Katie
Coach, Performer & Storyteller
I came into working with Beth would hoping to move out of my stuck-ness and shut down around my dreams and goals, but what I actually learned was that the shut down itself was my body trying to communicate an important message to me. Once I stopped fighting and resisting where I was at, I was able to discern what I actually needed in order to move forward in a way that worked for ME (even though it looked very different from the way I thought it was "supposed" to.)
I realized that slowing down, and doing less was actually more beneficial than forcing myself into action. My body wasn't letting me get back to "business as usual" because that wasn't working for me. She was letting me know that it was time to do things differently.

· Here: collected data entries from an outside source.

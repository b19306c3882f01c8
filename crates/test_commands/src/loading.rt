//! Measured runs: their lines, and what they end with.

use crate::outside::{FAIR, FULL, UNREAD, comes_to};
use std::test::Fail;

const FIRST: &[&str] = &["hovgyelit", "load", "1"];

const LINE: &str = "steps 20000 pages 9403 refused 5134 hash 358430701d2c1768\n";

// Words, and the line that they print. The hashes are those of what `play` prints of the same steps, which a model of the
// generator beside the program drew.
const RUNS: &[(&[&str], &str)] = &[
    (FIRST, LINE),
    (
        &["hovgyelit", "load", "1", "--shelves", "2"],
        "steps 20000 pages 10929 refused 3134 hash 811f12a9de61a1a6\n",
    ),
    (
        &["hovgyelit", "load", "1", "--shelves", "16"],
        "steps 20000 pages 10902 refused 3202 hash 2c01c6446b675754\n",
    ),
    (
        &["hovgyelit", "load", "7", "--pages", "5"],
        "steps 20000 pages 8990 refused 5757 hash 5f3cfe37606db9f7\n",
    ),
];

#[test]
fn each_run_prints_its_line(rt: HostRuntime) -> Result<(), Fail> {
    for (words, line) in RUNS {
        assert!(rt; comes_to(&rt, words, b"", &FAIR, (0, *line))?, "{words:?}");
    }
    Ok(())
}

#[test]
fn a_run_reads_nothing_and_prints_the_same_again(rt: HostRuntime) -> Result<(), Fail> {
    assert!(rt; comes_to(&rt, FIRST, b"", &UNREAD, (0, LINE))?);
    Ok(())
}

#[test]
fn a_run_whose_line_cannot_be_written_ends_with_6(rt: HostRuntime) -> Result<(), Fail> {
    assert!(rt; comes_to(&rt, FIRST, b"", &FULL, (6, ""))?);
    Ok(())
}
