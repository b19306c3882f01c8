ghost use Rattle.std.specs.Prelude.{◌≤◌, IsErrOf};
ghost use Rattle.web_outside.specs.Causes.{Rose};
ghost use Rattle.request_workers.specs.Requests.{Comes};

use crate::read::read_bytes;
use http_forms::{Incoming, ReadStop, RequestScanner, incoming_of};
use std::alloc::Global;
use web_outside::Source;

/// Reads the bytes of one request, and not one too many.
pub(crate) fn read_request<S: Source>(alloc: Global, source: &mut S) -> Result<Incoming, ReadStop>
    ensures came { Comes (S.view source.old).left (S.view source.new).left result }
    ensures failed { IsErrOf result ReadStop.Failed →
        Rose (S.view source.old).faults (S.view source.new).faults }
    ensures later { (S.view source.old).faults ≤ (S.view source.new).faults }
{
    let mut bytes = Vec::new(alloc);
    let mut scanner = RequestScanner::new();
    let ended = read_bytes(source, &mut scanner, &mut bytes)?;
    incoming_of(alloc, &scanner, &bytes, ended)
}
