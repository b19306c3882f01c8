ghost use Rattle.std.specs.Prelude.{◌≡◌, IfOk};
ghost use Rattle.request_workers.specs.Scenes.{IsLater};
ghost use Rattle.request_workers.specs.Serving.{RepliesTo, Answers, ServesOrDrops, served_by};
ghost use Rattle.http_forms.specs.Passes.{KeepsSkips};

use crate::request::read_request;
use http_forms::{Answer, Answering, Incoming, ReadStop, Refused, Request, write_reply};
use page_names::Target;
use script_value::{Refusal, Reply, Value};
use std::alloc::{AllocError, Global};
use web_outside::{Gate, Link};

/// How a link was served.
#[derive(Drop)]
pub enum Served {
    /// A visit was made, and its reply written.
    Answered(Reply),
    /// The bytes were refused, and this was written. No visit was made.
    Refused(Refused),
    /// The link ended before its first byte. No visit was made, and nothing written.
    Idle,
    /// Reading failed. No visit was made, and nothing written.
    ReadFault,
    /// Writing failed: the reply of the visit, if one was made, or else the refusal is written in part.
    WriteFault(Option<Reply>),
}

impl Served {
    /// A copy, equal to its source.
    pub fn try_clone(&self, alloc: Global) -> Result<Served, AllocError>
        ensures { IfOk result (λ copy. copy ≡ self.now) }
    {
        Ok(match self {
            Served::Answered(reply) => Served::Answered(reply.try_clone(alloc)?),
            Served::Refused(reason) => Served::Refused(*reason),
            Served::Idle => Served::Idle,
            Served::ReadFault => Served::ReadFault,
            Served::WriteFault(None) => Served::WriteFault(None),
            Served::WriteFault(Some(reply)) => Served::WriteFault(Some(reply.try_clone(alloc)?)),
        })
    }
}

// The reply of the visit that is asked for. What names nothing is unknown, and then nothing is visited.
pub(crate) fn visit<A: Answering, G: Gate>(
    alloc: Global,
    answering: &A,
    pass: &mut A::Pass,
    target: Option<Target>,
    answer: Value,
    gate: &G,
) -> Reply
    requires { (A.rules answering.now).IsOwn pass.old }
    ensures own { (A.rules answering.now).IsOwn pass.new }
    ensures reply { RepliesTo (A.rules answering.now) pass.old target answer result pass.new }
    ensures skips { KeepsSkips (A.rules answering.now) pass.old pass.new }
{
    match target {
        Some(target) => answering.visit(alloc, pass, &target, answer, gate),
        None => Reply::Refused(Refusal::Unknown),
    }
}

// What an incoming request is answered, if one came.
fn answer<A: Answering, G: Gate>(
    alloc: Global,
    answering: &A,
    pass: &mut A::Pass,
    incoming: Incoming,
    gate: &G,
) -> Option<Answer>
    requires { (A.rules answering.now).IsOwn pass.old }
    ensures own { (A.rules answering.now).IsOwn pass.new }
    ensures answer { Answers (A.rules answering.now) pass.old incoming result pass.new }
{
    match incoming {
        Incoming::Visit(Request { target, answer, .. }) => {
            let reply = visit(alloc, answering, pass, target, answer, gate);
            Some(Answer::Reply(reply))
        }
        Incoming::Refused(reason) => Some(Answer::Refused(reason)),
        Incoming::Nothing => None,
    }
}

// How a link was served, by the answer and whether it was written whole.
fn told(answer: Answer, whole: bool) -> Served
    ensures { result ≡ served_by answer whole }
{
    match (answer, whole) {
        (Answer::Reply(reply), true) => Served::Answered(reply),
        (Answer::Reply(reply), false) => Served::WriteFault(Some(reply)),
        (Answer::Refused(reason), true) => Served::Refused(reason),
        (Answer::Refused(_), false) => Served::WriteFault(None),
    }
}

/// Serves one link: reads the bytes of one request and not one more, makes the visit that they ask for, and writes its
/// reply, after which the link closes; or writes why they are refused. An error is want of memory: then no visit was
/// made, and nothing was written.
pub fn serve_one<A: Answering, L: Link, G: Gate>(
    alloc: Global,
    answering: &A,
    pass: &mut A::Pass,
    link: &mut L,
    gate: &G,
) -> Result<Served, AllocError>
    requires { (A.rules answering.now).IsOwn pass.old }
    ensures own { (A.rules answering.now).IsOwn pass.new }
    ensures served { ServesOrDrops (A.rules answering.now) pass.old pass.new (L.view link.old)
        (L.view link.new) result }
    ensures later { IsLater (L.view link.old) (L.view link.new) }
{
    let incoming = match read_request(alloc, link.input()) {
        Ok(incoming) => incoming,
        Err(ReadStop::Failed) => return Ok(Served::ReadFault),
        Err(ReadStop::Memory) => return Err(AllocError),
    };
    let Some(answer) = answer(alloc, answering, pass, incoming, gate) else {
        return Ok(Served::Idle);
    };
    let written = write_reply(&answer, true, link.output());
    Ok(told(answer, written.is_ok()))
}
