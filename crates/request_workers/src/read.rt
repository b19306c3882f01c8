ghost use Rattle.std.specs.Prelude.{◌≡◌, ◌≤◌, ◌<◌, [], ℕ, List, length, IfOk, IsErrOf};
ghost use Rattle.web_outside.specs.Causes.{Rose};
ghost use Rattle.http_forms.specs.Progress.{Follows, Knows};
ghost use Rattle.request_workers.specs.Bytes.{ReadsPieceFrom, ReadsAll};

use http_forms::{ReadStop, RequestScanner};
use web_outside::Source;

// Reads at most as many bytes as the piece holds after those that are there, none only at the end. Gives how many.
fn read_into<S: Source>(
    source: &mut S,
    bytes: &mut Vec<u8>,
    piece: &mut [u8],
) -> Result<usize, ReadStop>
    requires { 0 < length piece.old }
    ensures read { ReadsPieceFrom S.view source.old source.new
        bytes.old bytes.new (length piece.old) result }
    ensures failed { IsErrOf result ReadStop.Failed →
        Rose (S.view source.old).faults (S.view source.new).faults }
    ensures later { (S.view source.old).faults ≤ (S.view source.new).faults }
{
    let count = source.read(piece)?;
    bytes.extend_from_slice(&piece[..count])?;
    Ok(count)
}

// Reads so many bytes at most. A head is read byte by byte, since none after it may be taken.
fn read_piece<S: Source>(
    source: &mut S,
    bytes: &mut Vec<u8>,
    wanted: usize,
) -> Result<usize, ReadStop>
    requires { 0 < wanted }
    ensures read { ReadsPieceFrom S.view source.old source.new bytes.old bytes.new wanted result }
    ensures failed { IsErrOf result ReadStop.Failed →
        Rose (S.view source.old).faults (S.view source.new).faults }
    ensures later { (S.view source.old).faults ≤ (S.view source.new).faults }
{
    if wanted == 1 {
        let mut byte = [0u8; 1];
        return read_into(source, bytes, &mut byte);
    }
    let mut piece = [0u8; 4096];
    let size = wanted.min(piece.len());
    read_into(source, bytes, &mut piece[..size])
}

/// Reads the bytes of one request, or as many as say that they are none, and not one more. Says whether the link ended
/// after them.
pub(crate) fn read_bytes<S: Source>(
    source: &mut S,
    scanner: &mut RequestScanner,
    bytes: &mut Vec<u8>,
) -> Result<bool, ReadStop>
    requires none { bytes.old.items ≡ [] }
    requires begins { (bytes : List ℕ) → Follows scanner.old bytes }
    ensures read { ReadsAll (S.view source.old).left
        (S.view source.new).left bytes.new.items result }
    ensures knows { IfOk result (λ _. Knows scanner.new bytes.new.items) }
    ensures failed { IsErrOf result ReadStop.Failed →
        Rose (S.view source.old).faults (S.view source.new).faults }
    ensures later { (S.view source.old).faults ≤ (S.view source.new).faults }
{
    let mut wanted = scanner.wanted(bytes);
    while wanted > 0 {
        if read_piece(source, bytes, wanted)? == 0 {
            return Ok(true);
        }
        wanted = scanner.wanted(bytes);
    }
    Ok(false)
}
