//! Audits of journals in files.

use crate::outside::{FULL, Machine, UNREAD, comes_to, emptied, overwrite, stands_in};
use crate::transcripts::{play_first_sums, play_sums_of_two};
use std::fs;
use std::test::Fail;

// Whether an audit of so many shelves of a folder, which reads nothing, comes to this.
fn is_audited<R: Machine>(
    rt: &R,
    folder: &str,
    shelves: &str,
    told: (u8, &str),
) -> Result<bool, Fail> {
    let words = &[
        "hovgyelit",
        "audit",
        "--journal",
        folder,
        "--shelves",
        shelves,
    ];
    comes_to(rt, words, b"", &UNREAD, told)
}

// Whether an audit of one shelf of a folder comes to this, and leaves this file as it is.
fn is_left_audited<R: Machine>(
    rt: &R,
    folder: &str,
    path: &str,
    told: (u8, &str),
) -> Result<bool, Fail> {
    let before = fs::read(rt, path)?;
    let is_told = is_audited(rt, folder, "1", told)?;
    Ok(stands_in(rt, path, before.as_slice())? && is_told)
}

// What stands in a Let frame that has done the number 3: its part, how many are done, and that.
const DONE: &[u8] = &[1, 0, 0, 0, 1, 0, 0, 0, 0, 3, 0, 0, 0, 0, 0, 0, 0];

// What stands in a Let frame that has done the number 4.
const OTHER: &[u8] = &[1, 0, 0, 0, 1, 0, 0, 0, 0, 4, 0, 0, 0, 0, 0, 0, 0];

// Makes the number 3 of the second page of a journal 4.
fn tampered<R: Machine>(rt: &R, path: &str) -> Result<(), Fail> {
    overwrite(rt, path, DONE, OTHER)
}

#[test]
fn the_first_rows_pass(rt: HostRuntime) -> Result<(), Fail> {
    let folder = "audited-sums";
    play_first_sums(&rt, folder, "1")?;
    let told = (0, "shelf 0 ok 4\n");
    assert!(rt; is_left_audited(&rt, folder, "audited-sums/shelf-0", told)?);
    fs::remove_dir_all(&rt, folder)?;
    Ok(())
}

#[test]
fn a_changed_state_is_told_at_its_place(rt: HostRuntime) -> Result<(), Fail> {
    let folder = "tampered-sums";
    play_first_sums(&rt, folder, "1")?;
    tampered(&rt, "tampered-sums/shelf-0")?;
    let told = (12, "error 12 0 405 state\n");
    assert!(rt; is_left_audited(&rt, folder, "tampered-sums/shelf-0", told)?);
    fs::remove_dir_all(&rt, folder)?;
    Ok(())
}

// How many shelves are audited, and what that comes to.
type Audit = (&'static str, (u8, &'static str));

// Refuses audits of the shelves of a folder that come to something else.
fn expect_audits<R: Machine>(rt: &R, folder: &str, audits: &[Audit]) -> Result<(), Fail> {
    for (shelves, told) in audits {
        if !is_audited(rt, folder, shelves, *told)? {
            return Err(Fail::from(told.1));
        }
    }
    Ok(())
}

const BOTH_PASS: &[Audit] = &[
    ("2", (0, "shelf 0 ok 4\nshelf 1 ok 4\n")),
    ("3", (0, "shelf 0 ok 4\nshelf 1 ok 4\nshelf 2 ok 0\n")),
];

const FIRST_PASSES: &[Audit] = &[
    ("1", (0, "shelf 0 ok 4\n")),
    ("3", (12, "shelf 0 ok 4\nerror 12 1 405 state\n")),
];

#[test]
fn shelves_are_audited_in_order_up_to_a_no(rt: HostRuntime) -> Result<(), Fail> {
    let folder = "audited-pair";
    play_sums_of_two(&rt, folder)?;
    expect_audits(&rt, folder, BOTH_PASS)?;
    tampered(&rt, "audited-pair/shelf-1")?;
    expect_audits(&rt, folder, FIRST_PASSES)?;
    tampered(&rt, "audited-pair/shelf-0")?;
    assert!(rt; is_audited(&rt, folder, "2", (12, "error 12 0 405 state\n"))?);
    fs::remove_dir_all(&rt, folder)?;
    Ok(())
}

#[test]
fn an_empty_folder_has_no_records(rt: HostRuntime) -> Result<(), Fail> {
    emptied(&rt, "audited-nothing")?;
    assert!(rt;
        is_audited(
            &rt,
            "audited-nothing",
            "2",
            (0, "shelf 0 ok 0\nshelf 1 ok 0\n")
        )?
    );
    assert!(rt; is_audited(&rt, "-", "1", (0, "shelf 0 ok 0\n"))?);
    emptied(&rt, "audited-nothing")
}

// Makes the first byte of a journal another one.
fn damage<R: Machine>(rt: &R, path: &str) -> Result<(), Fail> {
    let mut bytes = fs::read(rt, path)?;
    if !bytes.is_empty() {
        bytes[0] = b'X';
    }
    fs::write(rt, path, bytes.as_slice())?;
    Ok(())
}

#[test]
fn a_damaged_journal_is_told(rt: HostRuntime) -> Result<(), Fail> {
    let folder = "damaged-pair";
    play_sums_of_two(&rt, folder)?;
    damage(&rt, "damaged-pair/shelf-1")?;
    let told = "shelf 0 ok 4\nerror 8 1 0 damaged\n";
    assert!(rt; is_audited(&rt, folder, "2", (8, told))?);
    fs::remove_dir_all(&rt, folder)?;
    Ok(())
}

// A journal of format 1: its head, the script `a`, a sweep to the clock 50, and the end.
const OLD: &[u8] =
    b"KSWEB\0\0\x01\x01\x14\0\0\0\x01\0\0\0\0\x01\0\0\0\x01\0\0\0a\x02\0\0\0'a\x01\x09\0\0\0\x05\x32\0\0\0\0\0\0\0\0";

// Makes a folder that holds this file alone.
fn put_alone<R: Machine>(rt: &R, folder: &str, path: &str, bytes: &[u8]) -> Result<(), Fail> {
    emptied(rt, folder)?;
    fs::create_dir_all(rt, folder)?;
    fs::write(rt, path, bytes)?;
    Ok(())
}

#[test]
fn a_journal_of_an_older_format_is_audited(rt: HostRuntime) -> Result<(), Fail> {
    let folder = "audited-old";
    put_alone(&rt, folder, "audited-old/shelf-0", OLD)?;
    assert!(rt; is_audited(&rt, folder, "1", (0, "shelf 0 ok 2\n"))?);
    assert!(rt; stands_in(&rt, "audited-old/shelf-0", OLD)?);
    fs::remove_dir_all(&rt, folder)?;
    Ok(())
}

#[test]
fn an_audit_whose_line_cannot_be_written_ends_with_6(rt: HostRuntime) -> Result<(), Fail> {
    let words = &["hovgyelit", "audit"];
    assert!(rt; comes_to(&rt, words, b"", &FULL, (6, ""))?);
    Ok(())
}
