//! A server whose journal is in files.

use crate::outside::{Machine, emptied};
use crate::servings::{ALL, are_told, served};
use crate::streets::{A_START, AN_ANSWER, QUIET, Street};
use std::test::Fail;

const FOLDER: &str = "kept-by-servers";

const KEPT: &[&str] = &[
    "hovgyelit",
    "serve",
    "--port",
    "0",
    "--workers",
    "1",
    "--journal",
    FOLDER,
];

const CHANGED: &str = "kept-over-two-texts";

const KEPT_CHANGED: &[&str] = &[
    "hovgyelit",
    "serve",
    "--port",
    "0",
    "--workers",
    "1",
    "--journal",
    CHANGED,
];

// A script of the same name with another text.
const OTHER: (&str, &str) = ("all", "'(p \"v2\")");

const AN_ANSWER_AND_A_START: Street = Street {
    links: &[
        "GET /servlets/all;0*0*0*0000000000000000?n=1 HTTP/1.0\r\n\r\n",
        "GET /servlets/all HTTP/1.0\r\n\r\n",
    ],
    ..QUIET
};

// Shows the first page of a script in an empty folder, with these words.
fn serve_first<R: Machine>(rt: &R, words: &[&str], folder: &str) -> Result<(), Fail> {
    emptied(rt, folder)?;
    served(rt, words, ALL, &A_START)?;
    Ok(())
}

// Whether serving a script with these words tells this, and what stands on the links, in their order, begins and ends so.
fn tells<R: Machine>(
    rt: &R,
    words: &[&str],
    script: (&str, &str),
    street: &Street,
    told: (&str, &[(&str, &str)]),
) -> Result<bool, Fail> {
    let ending = served(rt, words, script, street)?;
    Ok(ending.text.as_str() == told.0 && are_told(&ending, told.1))
}

// How what stands on the links begins and ends: an answer, and an answer and a page of the other text.
const ANSWERED: &[(&str, &str)] = &[("", "\r\n\r\n<p>1</p>")];

const BOTH: &[(&str, &str)] = &[("", "\r\n\r\n<p>1</p>"), ("", "\r\n\r\n<p>v2</p>")];

#[test]
fn a_page_is_answered_by_the_next_server(rt: HostRuntime) -> Result<(), Fail> {
    serve_first(&rt, KEPT, FOLDER)?;
    let told = ("pages 1 refused 0\n", ANSWERED);
    assert!(rt; tells(&rt, KEPT, ALL, &AN_ANSWER, told)?);
    emptied(&rt, FOLDER)
}

#[test]
fn a_server_of_another_text_goes_on(rt: HostRuntime) -> Result<(), Fail> {
    serve_first(&rt, KEPT_CHANGED, CHANGED)?;
    let told = ("pages 2 refused 0\n", BOTH);
    assert!(rt; tells(&rt, KEPT_CHANGED, OTHER, &AN_ANSWER_AND_A_START, told)?);
    emptied(&rt, CHANGED)
}
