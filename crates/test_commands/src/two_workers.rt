//! Two workers beside one another.

use crate::outside::Machine;
use crate::servings::{Ending, TEN, served, served_at};
use crate::streets::{QUIET, Street};
use std::sync::atomic::{AtomicU64, Ordering};
use std::test::Fail;
use web_outside::{Gate, SetClock};

// A gate that holds visits between their take and their publish: 0 up to the take of 1, so that each worker has begun, 1 up to
// that of 2, and 2 up to that of 4, each for so many turns at most.
#[derive(Drop)]
struct HoldingGate {
    // One more than the greatest number that came.
    came: AtomicU64,
    missed: AtomicU64,
}

const MOST_TURNS: u32 = 1_000_000_000;

impl HoldingGate {
    fn hold(&self, until: u64) {
        for _ in 0..MOST_TURNS {
            if self.came.load(Ordering::SeqCst) > until {
                return;
            }
        }
        self.missed.fetch_add(1, Ordering::SeqCst);
    }
}

impl Gate for HoldingGate {
    fn pass(&self, number: u64) {
        self.came
            .fetch_max(number.saturating_add(1), Ordering::SeqCst);
        match number {
            0 => self.hold(1),
            1 => self.hold(2),
            2 => self.hold(4),
            _ => {}
        }
    }
}

// A script with one item to be sold.
const SHOP: (&str, &str) = (
    "shop",
    "(define stock (make-instance-cell 1)) (begin (send/suspend (lambda (u) `(a ((href ,u)) \"buy\"))) (if (< (instance-cell-ref stock) 1) '(p \"sold out\") (begin (instance-cell-add! stock -1) '(p \"bought\"))))",
);

// What each worker's link asks for: a start, the item of the first start, and another start.
const BUYER: &str =
    "GET /servlets/shop HTTP/1.1\r\nHost: h\r\n\r\nGET /servlets/shop;0*0*0*0000000000000000 HTTP/1.1\r\nHost: h\r\n\r\nGET /servlets/shop HTTP/1.1\r\nHost: h\r\n\r\n";

const TWO_BUYERS: Street = Street {
    links: &[BUYER],
    others: Some(&[BUYER]),
    ..QUIET
};

const TWO_WORKERS: &[&str] = &[
    "hovgyelit",
    "serve",
    "--port",
    "0",
    "--workers",
    "2",
    "--connections",
    "1",
];

// How many links were told this.
fn count_told(outcome: &Ending, text: &str) -> usize {
    let links = outcome.links.iter();
    links.filter(|link| link.as_str().contains(text)).count()
}

// Whether two workers served three pages each, and sold one item.
fn is_sold_once(ending: &Ending) -> bool {
    ending.text.as_str() == "pages 6 refused 0\n"
        && ending.pages.as_slice() == [3, 3].as_slice()
        && ending.entries.as_slice() == [12].as_slice()
        && count_told(ending, "<p>bought</p>") == 1
        && count_told(ending, "<p>sold out</p>") == 1
}

// Whether they did where the visits of two buyers pass this gate.
fn sells_once<R: Machine>(rt: &R, gate: &HoldingGate) -> Result<bool, Fail> {
    let ending = served_at(rt, TWO_WORKERS, SHOP, &TWO_BUYERS, &SetClock::new(0), gate)?;
    Ok(is_sold_once(&ending))
}

// The visit that is held, of number 2, ran its script before that of number 3 came, which bought the item. It is published when
// that one has its reply, since the same link asked for the visit of number 4 after it.
#[test]
fn a_visit_that_is_held_until_another_has_its_reply_runs_again(
    rt: HostRuntime,
) -> Result<(), Fail> {
    let gate = HoldingGate {
        came: AtomicU64::new(0),
        missed: AtomicU64::new(0),
    };
    let is_sold = sells_once(&rt, &gate)?;
    assert_eq!(rt; gate.missed.load(Ordering::SeqCst), 0);
    assert!(rt; is_sold);
    Ok(())
}

const NONE_AND_TWO: Street = Street {
    links: &["GET /servlets/ten HTTP/1.0\r\n\r\n"],
    others: Some(&[
        "GET /servlets/ten HTTP/1.0\r\n\r\n",
        "GET /servlets/ten HTTP/1.0\r\n\r\n",
    ]),
    nexts: &[0],
    ..QUIET
};

const TWO_SHELVES: &[&str] = &[
    "hovgyelit",
    "serve",
    "--port",
    "0",
    "--workers",
    "2",
    "--shelves",
    "2",
];

// Whether the first worker's porch failed, and the second worker served two pages on a shelf of its own.
fn ends_first_alone(ending: &Ending) -> bool {
    ending.status == 9
        && ending.text.as_str() == "error 9 door\n"
        && ending.links.len() == 2
        && ending.pages.as_slice() == [0, 2].as_slice()
        && ending.entries.as_slice() == [0, 4].as_slice()
}

// Whether serving so ends so.
fn fails_alone<R: Machine>(rt: &R, street: &Street) -> Result<bool, Fail> {
    let ending = served(rt, TWO_SHELVES, TEN, street)?;
    Ok(ends_first_alone(&ending))
}

#[test]
fn each_worker_starts_on_a_shelf_of_its_own_and_one_porch_that_fails_ends_its_worker_alone(
    rt: HostRuntime,
) -> Result<(), Fail> {
    assert!(rt; fails_alone(&rt, &NONE_AND_TWO)?);
    Ok(())
}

I also learned that I my tendency to shut down was a way to manage challenging situations that felt too difficult to tolerate. Through this process I was able to gently built greater capacity and resiliency. During Rise I unexpectedly uncovered new layers to some very old grief that I had been carrying with me since childhood.
I was surprised by how much was still asking for my attention, as I had already done years of healing work in this area. I believe that there were some things that I just didn't have the tolerance to process until I built more capacity to do so through this work.
I feel so much more authority and self-ownership around my needs and my unique process. I have stopped comparing and despairing when it comes to how I show up in my life, and where I chose to spend my time and energy. I have a much easier time listening to my own intuition and don't get as confused and distracted by the constant mind-drama that had me spinning my wheels. I now know that my brain is always the last to get on board, so I am more inclined to listen to my body and trust her without fear, guilt or shame.
I am tapping into intuitive gifts that I was never aware of before and noticing magical synchronicities every day. I am deepening my spiritual connection and feeling inspired to learn more about my lineage as a result. I've never felt more connected with my ancestors, myself and my unique gifts and abilities.
This process has felt like a homecoming. I am remembering a version of myself that has been hidden away for a very long time. I am stepping into more authenticity and reclaiming pieces of myself that I didn't even realize had been missing.
Opportunities are effortlessly flowing into my life. Even though I stopped "hustling," clients still continue to find me and I have been sought out for multiple creative opportunities in theatre, film, and as a storyteller.
Sharing sacred space with the other members of this group, both online and in person, was absolutely essential. Being witnessed and held in this way was so healing in ways that I can't even describe. Feeling physically moved by the transmissions of other women standing fully in their power is unlike anything else. I learned so much about myself and what was possible through them. Seeing these women, that I so deeply love and respect, feeling moved by MY transmission changed how I see and feel about myself forever.
I first started working with Beth over 10 years ago, because I was at constant war with my body. I was so tired of hating my body and I was desperate for something to change. Beth helped me start to navigate a different kind of relationship with my body 10 years ago, but I never could have imagined then, what my relationship with my body has become now. My body was once the biggest obstacle in my life, now she is my greatest teacher, my fiercest ally, and the source of all my magic. I'm so grateful to have made my way back to Beth, who has helped me continue to shift my relationship to my body, my life and myself beyond my wildest dreams.